_TO DO_. Start at the line below containing "An empty line." and stop at the line containing "fn first_word(text: &str)". Repeat every line of that stretch exactly, and nothing outside it.

Excerpts from a dataset:
☆ ☆ ☆
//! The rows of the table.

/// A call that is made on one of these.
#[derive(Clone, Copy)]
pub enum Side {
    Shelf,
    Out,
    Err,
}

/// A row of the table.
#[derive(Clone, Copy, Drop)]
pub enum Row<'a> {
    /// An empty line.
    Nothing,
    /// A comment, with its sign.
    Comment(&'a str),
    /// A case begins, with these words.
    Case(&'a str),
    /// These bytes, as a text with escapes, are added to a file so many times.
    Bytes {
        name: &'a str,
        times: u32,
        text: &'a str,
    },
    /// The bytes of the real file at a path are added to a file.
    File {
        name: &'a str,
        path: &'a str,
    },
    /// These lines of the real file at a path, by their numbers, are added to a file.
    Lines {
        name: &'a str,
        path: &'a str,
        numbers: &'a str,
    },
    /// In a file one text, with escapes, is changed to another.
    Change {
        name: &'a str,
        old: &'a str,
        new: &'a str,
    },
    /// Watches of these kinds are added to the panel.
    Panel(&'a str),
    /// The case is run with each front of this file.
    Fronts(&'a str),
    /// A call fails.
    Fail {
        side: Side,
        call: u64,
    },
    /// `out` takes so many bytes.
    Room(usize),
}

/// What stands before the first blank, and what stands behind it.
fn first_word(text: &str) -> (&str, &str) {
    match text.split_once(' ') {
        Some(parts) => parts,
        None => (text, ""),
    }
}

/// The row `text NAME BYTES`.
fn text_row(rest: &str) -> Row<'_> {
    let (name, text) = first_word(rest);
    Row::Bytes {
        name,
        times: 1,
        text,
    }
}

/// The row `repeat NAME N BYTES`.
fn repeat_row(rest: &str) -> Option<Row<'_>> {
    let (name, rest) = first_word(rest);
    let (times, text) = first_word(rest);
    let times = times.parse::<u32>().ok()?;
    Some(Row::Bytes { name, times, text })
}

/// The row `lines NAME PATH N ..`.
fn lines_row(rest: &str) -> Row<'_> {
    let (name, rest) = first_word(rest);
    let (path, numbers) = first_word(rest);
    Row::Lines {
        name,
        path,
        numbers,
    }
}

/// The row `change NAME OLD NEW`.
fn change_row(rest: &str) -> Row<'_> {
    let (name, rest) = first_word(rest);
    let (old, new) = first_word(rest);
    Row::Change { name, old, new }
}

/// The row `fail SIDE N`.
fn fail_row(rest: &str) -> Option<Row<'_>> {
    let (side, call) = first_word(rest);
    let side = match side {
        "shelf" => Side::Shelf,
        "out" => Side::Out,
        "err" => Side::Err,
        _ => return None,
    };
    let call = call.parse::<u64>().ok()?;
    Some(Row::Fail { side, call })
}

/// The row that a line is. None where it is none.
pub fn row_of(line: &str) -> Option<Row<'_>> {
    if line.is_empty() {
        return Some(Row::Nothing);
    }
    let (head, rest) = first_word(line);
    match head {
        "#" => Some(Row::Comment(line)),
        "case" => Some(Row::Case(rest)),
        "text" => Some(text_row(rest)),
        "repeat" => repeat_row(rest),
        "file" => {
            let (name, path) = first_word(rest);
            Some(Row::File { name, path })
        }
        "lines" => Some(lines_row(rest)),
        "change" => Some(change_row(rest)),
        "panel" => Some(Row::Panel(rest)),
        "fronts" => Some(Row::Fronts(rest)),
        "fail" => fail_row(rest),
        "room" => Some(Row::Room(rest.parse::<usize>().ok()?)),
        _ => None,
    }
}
☆ ☆ ☆
_TASK ANSWER_.
    /// An empty line.
    Nothing,
    /// A comment, with its sign.
    Comment(&'a str),
    /// A case begins, with these words.
    Case(&'a str),
    /// These bytes, as a text with escapes, are added to a file so many times.
    Bytes {
        name: &'a str,
        times: u32,
        text: &'a str,
    },
    /// The bytes of the real file at a path are added to a file.
    File {
        name: &'a str,
        path: &'a str,
    },
    /// These lines of the real file at a path, by their numbers, are added to a file.
    Lines {
        name: &'a str,
        path: &'a str,
        numbers: &'a str,
    },
    /// In a file one text, with escapes, is changed to another.
    Change {
        name: &'a str,
        old: &'a str,
        new: &'a str,
    },
    /// Watches of these kinds are added to the panel.
    Panel(&'a str),
    /// The case is run with each front of this file.
    Fronts(&'a str),
    /// A call fails.
    Fail {
        side: Side,
        call: u64,
    },
    /// `out` takes so many bytes.
    Room(usize),
}

/// What stands before the first blank, and what stands behind it.
fn first_word(text: &str) -> (&str, &str) {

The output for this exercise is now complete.